(Data items)
▽
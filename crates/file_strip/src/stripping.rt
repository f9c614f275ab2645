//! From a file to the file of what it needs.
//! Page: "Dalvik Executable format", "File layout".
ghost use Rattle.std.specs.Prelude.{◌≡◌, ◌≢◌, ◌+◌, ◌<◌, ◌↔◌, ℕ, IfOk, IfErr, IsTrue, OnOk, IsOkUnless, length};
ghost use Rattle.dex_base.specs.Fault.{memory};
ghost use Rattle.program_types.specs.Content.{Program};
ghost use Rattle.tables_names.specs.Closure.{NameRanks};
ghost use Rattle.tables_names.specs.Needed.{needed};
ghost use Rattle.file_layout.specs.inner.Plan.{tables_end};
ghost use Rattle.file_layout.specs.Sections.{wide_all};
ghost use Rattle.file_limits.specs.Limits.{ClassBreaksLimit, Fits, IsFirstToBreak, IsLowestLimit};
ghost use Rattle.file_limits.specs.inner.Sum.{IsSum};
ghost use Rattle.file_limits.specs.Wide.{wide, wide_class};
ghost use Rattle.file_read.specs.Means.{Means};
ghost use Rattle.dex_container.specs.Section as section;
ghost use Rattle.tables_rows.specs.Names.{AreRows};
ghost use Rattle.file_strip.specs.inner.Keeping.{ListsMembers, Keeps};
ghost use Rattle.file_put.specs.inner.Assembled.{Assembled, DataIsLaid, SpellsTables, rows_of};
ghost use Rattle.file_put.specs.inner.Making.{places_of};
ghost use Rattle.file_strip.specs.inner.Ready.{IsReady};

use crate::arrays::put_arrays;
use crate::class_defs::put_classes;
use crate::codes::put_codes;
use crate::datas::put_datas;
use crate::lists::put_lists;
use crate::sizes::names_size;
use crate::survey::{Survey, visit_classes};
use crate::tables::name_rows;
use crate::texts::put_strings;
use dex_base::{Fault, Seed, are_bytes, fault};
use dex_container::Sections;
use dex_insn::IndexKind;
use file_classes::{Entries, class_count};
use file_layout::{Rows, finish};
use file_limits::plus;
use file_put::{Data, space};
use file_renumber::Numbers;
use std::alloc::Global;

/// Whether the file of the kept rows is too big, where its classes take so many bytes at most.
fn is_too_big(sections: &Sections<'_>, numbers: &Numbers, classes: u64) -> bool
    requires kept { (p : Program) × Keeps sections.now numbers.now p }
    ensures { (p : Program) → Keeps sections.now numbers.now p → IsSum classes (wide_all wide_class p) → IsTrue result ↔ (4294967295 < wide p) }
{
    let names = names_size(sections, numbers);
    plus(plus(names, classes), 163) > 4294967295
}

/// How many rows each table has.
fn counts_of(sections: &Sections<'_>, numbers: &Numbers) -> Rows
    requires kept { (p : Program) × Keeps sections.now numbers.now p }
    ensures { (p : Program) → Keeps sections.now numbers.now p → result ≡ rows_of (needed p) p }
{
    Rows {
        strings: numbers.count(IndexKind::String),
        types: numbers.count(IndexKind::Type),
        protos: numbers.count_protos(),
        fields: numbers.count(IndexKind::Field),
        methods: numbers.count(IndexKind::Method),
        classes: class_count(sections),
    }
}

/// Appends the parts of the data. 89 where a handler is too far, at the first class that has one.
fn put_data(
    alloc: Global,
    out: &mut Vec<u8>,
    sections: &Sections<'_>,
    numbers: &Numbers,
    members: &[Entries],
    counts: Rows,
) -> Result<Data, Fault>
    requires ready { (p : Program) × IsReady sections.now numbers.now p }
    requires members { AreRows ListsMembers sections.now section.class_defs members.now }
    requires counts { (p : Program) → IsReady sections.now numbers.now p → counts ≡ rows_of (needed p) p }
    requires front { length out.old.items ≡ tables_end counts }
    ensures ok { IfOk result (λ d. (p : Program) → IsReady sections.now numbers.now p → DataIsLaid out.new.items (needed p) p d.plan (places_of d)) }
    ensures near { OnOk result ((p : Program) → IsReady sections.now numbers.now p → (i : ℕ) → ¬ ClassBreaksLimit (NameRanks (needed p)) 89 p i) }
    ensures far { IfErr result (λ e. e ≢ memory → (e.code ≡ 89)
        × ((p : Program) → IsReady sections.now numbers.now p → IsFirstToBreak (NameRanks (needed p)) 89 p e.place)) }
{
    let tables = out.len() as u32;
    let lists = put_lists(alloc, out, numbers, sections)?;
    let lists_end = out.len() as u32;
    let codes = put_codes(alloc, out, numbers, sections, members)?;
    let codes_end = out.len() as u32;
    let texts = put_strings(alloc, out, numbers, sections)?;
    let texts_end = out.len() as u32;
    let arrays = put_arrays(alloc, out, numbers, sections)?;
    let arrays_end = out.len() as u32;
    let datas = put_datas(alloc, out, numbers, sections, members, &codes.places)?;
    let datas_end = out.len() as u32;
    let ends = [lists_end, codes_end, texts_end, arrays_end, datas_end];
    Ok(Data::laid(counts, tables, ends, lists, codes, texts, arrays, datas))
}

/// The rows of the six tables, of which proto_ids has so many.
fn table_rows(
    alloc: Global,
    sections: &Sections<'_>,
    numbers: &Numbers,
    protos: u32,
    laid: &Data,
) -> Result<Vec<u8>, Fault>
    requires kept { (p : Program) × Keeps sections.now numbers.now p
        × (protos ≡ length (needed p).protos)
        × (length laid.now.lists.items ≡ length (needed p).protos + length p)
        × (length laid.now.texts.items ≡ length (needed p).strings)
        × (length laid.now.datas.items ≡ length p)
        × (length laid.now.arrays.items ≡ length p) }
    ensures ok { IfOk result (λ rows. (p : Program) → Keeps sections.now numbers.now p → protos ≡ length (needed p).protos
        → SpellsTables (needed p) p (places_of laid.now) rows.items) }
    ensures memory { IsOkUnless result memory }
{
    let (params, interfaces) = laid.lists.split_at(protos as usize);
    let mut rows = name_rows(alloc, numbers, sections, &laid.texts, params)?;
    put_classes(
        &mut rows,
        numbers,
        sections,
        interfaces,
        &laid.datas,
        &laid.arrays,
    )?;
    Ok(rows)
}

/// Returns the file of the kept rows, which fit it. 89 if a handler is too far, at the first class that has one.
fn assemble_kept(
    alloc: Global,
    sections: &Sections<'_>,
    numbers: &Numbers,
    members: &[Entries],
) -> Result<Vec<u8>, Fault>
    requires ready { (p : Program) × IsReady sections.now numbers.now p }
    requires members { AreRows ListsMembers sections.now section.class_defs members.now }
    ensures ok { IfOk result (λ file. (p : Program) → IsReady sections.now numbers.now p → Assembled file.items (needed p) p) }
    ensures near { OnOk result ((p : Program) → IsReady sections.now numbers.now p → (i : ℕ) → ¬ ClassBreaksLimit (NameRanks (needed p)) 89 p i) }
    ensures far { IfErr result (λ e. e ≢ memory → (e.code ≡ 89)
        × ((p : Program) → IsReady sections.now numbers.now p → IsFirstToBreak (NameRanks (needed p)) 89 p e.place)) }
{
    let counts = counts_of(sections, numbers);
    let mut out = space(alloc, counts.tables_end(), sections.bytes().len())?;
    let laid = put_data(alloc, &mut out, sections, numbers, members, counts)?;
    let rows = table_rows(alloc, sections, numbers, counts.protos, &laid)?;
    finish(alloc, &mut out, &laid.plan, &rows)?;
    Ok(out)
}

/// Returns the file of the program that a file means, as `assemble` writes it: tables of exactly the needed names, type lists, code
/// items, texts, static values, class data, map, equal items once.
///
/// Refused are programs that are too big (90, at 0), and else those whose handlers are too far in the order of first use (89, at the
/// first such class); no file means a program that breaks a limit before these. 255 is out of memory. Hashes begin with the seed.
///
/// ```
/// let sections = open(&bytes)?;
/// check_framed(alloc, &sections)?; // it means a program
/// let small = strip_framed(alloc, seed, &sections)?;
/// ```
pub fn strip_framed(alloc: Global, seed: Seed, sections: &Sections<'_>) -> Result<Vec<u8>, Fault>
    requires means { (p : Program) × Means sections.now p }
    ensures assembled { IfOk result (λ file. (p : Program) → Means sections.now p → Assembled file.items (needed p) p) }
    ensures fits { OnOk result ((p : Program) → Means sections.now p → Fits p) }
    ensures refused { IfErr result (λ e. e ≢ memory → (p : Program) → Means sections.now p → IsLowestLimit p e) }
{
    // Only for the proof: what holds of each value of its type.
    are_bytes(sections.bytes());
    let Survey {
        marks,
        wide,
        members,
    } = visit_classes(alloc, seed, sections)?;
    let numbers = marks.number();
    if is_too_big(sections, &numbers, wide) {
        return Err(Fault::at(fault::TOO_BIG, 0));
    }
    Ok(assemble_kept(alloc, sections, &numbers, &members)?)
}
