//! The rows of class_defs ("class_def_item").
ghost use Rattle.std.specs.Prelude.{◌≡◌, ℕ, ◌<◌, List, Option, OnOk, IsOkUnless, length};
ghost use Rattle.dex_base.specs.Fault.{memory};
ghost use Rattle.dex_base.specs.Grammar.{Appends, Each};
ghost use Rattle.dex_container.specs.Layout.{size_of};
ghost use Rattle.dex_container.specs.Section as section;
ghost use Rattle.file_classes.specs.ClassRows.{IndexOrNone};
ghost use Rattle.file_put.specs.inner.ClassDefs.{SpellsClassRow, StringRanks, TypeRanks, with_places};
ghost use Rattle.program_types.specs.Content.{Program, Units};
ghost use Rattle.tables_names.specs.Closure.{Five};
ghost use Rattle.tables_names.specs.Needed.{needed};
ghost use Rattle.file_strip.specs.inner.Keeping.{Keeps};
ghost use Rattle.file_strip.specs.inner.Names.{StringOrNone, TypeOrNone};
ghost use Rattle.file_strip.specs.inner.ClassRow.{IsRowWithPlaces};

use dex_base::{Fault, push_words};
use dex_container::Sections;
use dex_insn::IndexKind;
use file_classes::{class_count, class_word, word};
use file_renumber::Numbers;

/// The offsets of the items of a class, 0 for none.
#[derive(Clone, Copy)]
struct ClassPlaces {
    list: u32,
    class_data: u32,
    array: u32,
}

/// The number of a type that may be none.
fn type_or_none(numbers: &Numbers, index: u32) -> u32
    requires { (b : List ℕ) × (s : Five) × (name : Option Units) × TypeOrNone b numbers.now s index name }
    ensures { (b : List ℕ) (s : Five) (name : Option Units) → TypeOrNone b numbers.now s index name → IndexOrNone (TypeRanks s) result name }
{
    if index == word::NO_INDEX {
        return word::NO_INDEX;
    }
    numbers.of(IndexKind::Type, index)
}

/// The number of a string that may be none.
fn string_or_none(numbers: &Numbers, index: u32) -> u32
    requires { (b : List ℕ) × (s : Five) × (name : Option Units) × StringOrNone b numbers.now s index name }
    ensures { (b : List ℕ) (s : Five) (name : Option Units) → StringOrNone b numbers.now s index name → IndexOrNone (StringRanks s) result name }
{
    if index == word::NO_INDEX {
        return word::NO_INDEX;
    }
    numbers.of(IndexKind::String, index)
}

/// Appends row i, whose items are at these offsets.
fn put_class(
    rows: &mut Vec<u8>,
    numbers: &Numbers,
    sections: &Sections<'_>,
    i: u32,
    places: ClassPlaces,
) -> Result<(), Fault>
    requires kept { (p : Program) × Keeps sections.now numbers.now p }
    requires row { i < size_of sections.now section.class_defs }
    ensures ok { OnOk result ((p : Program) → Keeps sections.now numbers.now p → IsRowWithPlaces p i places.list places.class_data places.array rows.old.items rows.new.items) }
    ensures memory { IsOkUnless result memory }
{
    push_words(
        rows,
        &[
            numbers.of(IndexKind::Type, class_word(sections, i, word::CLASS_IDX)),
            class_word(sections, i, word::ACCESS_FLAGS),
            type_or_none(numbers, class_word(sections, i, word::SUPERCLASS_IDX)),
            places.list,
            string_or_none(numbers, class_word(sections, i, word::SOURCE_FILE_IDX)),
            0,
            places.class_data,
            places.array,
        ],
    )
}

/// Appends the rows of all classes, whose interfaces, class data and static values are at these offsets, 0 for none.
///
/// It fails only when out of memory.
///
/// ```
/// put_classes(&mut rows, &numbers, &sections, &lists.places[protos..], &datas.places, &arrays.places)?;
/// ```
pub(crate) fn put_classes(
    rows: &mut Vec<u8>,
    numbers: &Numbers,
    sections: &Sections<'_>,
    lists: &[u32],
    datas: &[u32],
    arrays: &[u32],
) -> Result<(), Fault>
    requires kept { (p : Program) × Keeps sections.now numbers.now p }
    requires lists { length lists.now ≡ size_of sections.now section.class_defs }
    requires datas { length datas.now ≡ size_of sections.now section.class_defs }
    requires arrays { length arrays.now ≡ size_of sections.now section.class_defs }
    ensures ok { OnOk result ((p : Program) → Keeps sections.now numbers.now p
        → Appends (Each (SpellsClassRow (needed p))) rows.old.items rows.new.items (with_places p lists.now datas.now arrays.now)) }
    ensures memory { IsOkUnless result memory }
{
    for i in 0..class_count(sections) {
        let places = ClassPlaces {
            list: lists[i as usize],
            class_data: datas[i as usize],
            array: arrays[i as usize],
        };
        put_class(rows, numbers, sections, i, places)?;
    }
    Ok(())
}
△
What you are asked to do | Lines from the top of the data above through the line with "u64) -> bool", both ends included: copy them exactly, nothing more.

Answer area |
filename crates/file_strip/src/stripping.rt
repository f9c614f275ab2645
//! From a file to the file of what it needs.
//! Page: "Dalvik Executable format", "File layout".
ghost use Rattle.std.specs.Prelude.{◌≡◌, ◌≢◌, ◌+◌, ◌<◌, ◌↔◌, ℕ, IfOk, IfErr, IsTrue, OnOk, IsOkUnless, length};
ghost use Rattle.dex_base.specs.Fault.{memory};
ghost use Rattle.program_types.specs.Content.{Program};
ghost use Rattle.tables_names.specs.Closure.{NameRanks};
ghost use Rattle.tables_names.specs.Needed.{needed};
ghost use Rattle.file_layout.specs.inner.Plan.{tables_end};
ghost use Rattle.file_layout.specs.Sections.{wide_all};
ghost use Rattle.file_limits.specs.Limits.{ClassBreaksLimit, Fits, IsFirstToBreak, IsLowestLimit};
ghost use Rattle.file_limits.specs.inner.Sum.{IsSum};
ghost use Rattle.file_limits.specs.Wide.{wide, wide_class};
ghost use Rattle.file_read.specs.Means.{Means};
ghost use Rattle.dex_container.specs.Section as section;
ghost use Rattle.tables_rows.specs.Names.{AreRows};
ghost use Rattle.file_strip.specs.inner.Keeping.{ListsMembers, Keeps};
ghost use Rattle.file_put.specs.inner.Assembled.{Assembled, DataIsLaid, SpellsTables, rows_of};
ghost use Rattle.file_put.specs.inner.Making.{places_of};
ghost use Rattle.file_strip.specs.inner.Ready.{IsReady};

use crate::arrays::put_arrays;
use crate::class_defs::put_classes;
use crate::codes::put_codes;
use crate::datas::put_datas;
use crate::lists::put_lists;
use crate::sizes::names_size;
use crate::survey::{Survey, visit_classes};
use crate::tables::name_rows;
use crate::texts::put_strings;
use dex_base::{Fault, Seed, are_bytes, fault};
use dex_container::Sections;
use dex_insn::IndexKind;
use file_classes::{Entries, class_count};
use file_layout::{Rows, finish};
use file_limits::plus;
use file_put::{Data, space};
use file_renumber::Numbers;
use std::alloc::Global;

/// Whether the file of the kept rows is too big, where its classes take so many bytes at most.
fn is_too_big(sections: &Sections<'_>, numbers: &Numbers, classes: u64) -> bool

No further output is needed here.